Judge Mary F. Walrath granted Pace Industries, LLC and debtor affiliates interim approval to borrow:
(i) up to $125 million in aggregate principal amount under a senior secured super-priority asset-based revolving credit facility from certain DIP revolver lenders and Bank of Montreal (BMO), as administrative agent, and
(ii) an aggregate principal amount not to exceed $21 million under a senior secured super-priority multi-draw term loan facility from certain DIP term lenders and TCW Asset Management Company LLC, as administrative agent and collateral agent.
The Debtors have sought approval to obtain up to $125 million under the DIP revolver facility (of which up to $150,000 will be available for the issuance of letters of credit), and up to $50 million under the DIP term loan facility.
Pursuant to the interim order, the Debtors may:
* borrow under the DIP facilities and use cash collateral through and including the earlier to occur of (x) the date of entry of the final order and (y) the occurrence of a DIP termination event.
* pay all interest, costs, fees, and other amounts and obligations accrued or accruing under the DIP loan agreements and other DIP loan documents, and
* complete the ABL refinancing.
The Debtors are authorized to borrow under the revolver DIP agreement the full amount necessary to fully and immediately pay off in full all pre-petition ABL obligations. All letters of credit and credit product obligations shall continue in place and all obligations thereunder shall be subject to the revolver DIP documents and shall constitute DIP revolver obligations.
The DIP agents (for the benefit of themselves and the DIP lenders) are granted:
(a) continuing, valid, binding, enforceable, non-avoidable, and automatically and properly perfected security interests in and liens in and upon all DIP collateral, subject to permitted liens, to secure performance and payment of the DIP Obligations.
(b) allowed super priority administrative expense claims pursuant to Section 364(c)(1) of the Bankruptcy Code, having priority in right of payment over any and all other obligations, liabilities, and indebtedness of the Debtors.
Prepetition Secured Obligations
Before the Petition Date, the Debtors were indebted to BMO (as administrative agent) under an amended and restated credit agreement, pursuant to which up to $125 million in the aggregate is available under an asset-based credit facility, secured by (a) first priority security interests in and liens on certain of the Debtors’ property,
As of the Petition Date, approximately $92.1 million in principal was outstanding under the prepetition ABL facility in the form of revolving loans, plus letters of credit in the approximate stated amount of $150,000, plus interest accrued and accruing.
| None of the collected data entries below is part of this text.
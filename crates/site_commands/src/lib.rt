//! The commands of the program `site`, over any files, databases and writers: what a part of the
//! plan comes to, and how it is written.
#![tactic(auto)]

pub mod check;
pub mod combine;
pub mod database;
mod ending;
mod files;
mod hint;
mod line;
mod look;
mod names;
mod outputs;
pub mod part;
mod pieces;
mod printed;
mod progress;
pub mod query;
mod refusal;
pub mod split;
pub mod stream;

pub use ending::{DONE, Ending, REFUSED, Shown, answered, finish, refused, say};
pub use files::{Looks, Streams, SystemFiles};
pub use hint::{Hint, hint_of};
pub use line::Refusal;
pub use names::Names;
pub use outputs::SystemOutputs;
pub use pieces::{
    LineAt, Pieces, RefusedLine, first_line, is_blank, memory_refusal, pieces_of, refusal_at,
};
pub use printed::Printed;
pub use progress::Progress;
pub use refusal::what_can_be_numbered_is_quiet;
The Debtors were also indebted pre-petition to TCW, as agent, under a senior note agreement, pursuant to which senior secured notes in the aggregate principal amount of $240 million were issued. As of the Petition Date, approximately $232 million under the pre-petition senior note agreement was outstanding. BMO, in its capacity as pre-petition ABL agent and TCW, in its capacity as pre-petition senior secured notes agent, were parties to an inter-creditor agreement dated as of June 30, 2015.
The DIP lenders’ willingness to make the DIP loans and the pre-petition secured parties’ willingness to consent to the use of cash collateral is predicated upon (a) the Debtors’ support for confirmation of the joint prepackaged Chapter 11 Plan for Pace Industries, LLC and affiliated debtors and (b) the continued agreement of the sponsor to the proposed settlement contemplated by the plan.
A copy of the interim order is available at https://is.gd/qxBkKx from PacerMonitor.com free of charge.
About Pace Industries
Pace Industries, LLC is a full-service aluminum, zinc and magnesium die casting company. Headquartered in Fayetteville, Ark., Pace Industries offers end-to-end, nonferrous, die cast supply chain solutions, and a wide array of capabilities and services, including advanced engineering, tool and die fabrication, prototyping, precision machining, assembly, finishing and painting.
Pace Industries and 10 affiliates sought protection under Chapter 11 of the Bankruptcy Code (Bankr. D. Del. Lead Case No. 20-10927) on April 12, 2020. At the time of the filing, Debtors disclosed assets of between $100 million and $500 million and liabilities of the same range.
Judge Mary F. Walrath oversees the cases.
Debtors tapped Young Conaway Stargatt & Taylor, LLP and Willkie Farr & Gallagher, LLP as bankruptcy counsel; FTI Consulting, Inc., as financial advisor; Hughes Hubbard & Reed, LLP as special counsel; and Kurtzman Carson Consultants, LLC as claims, noticing and balloting agent.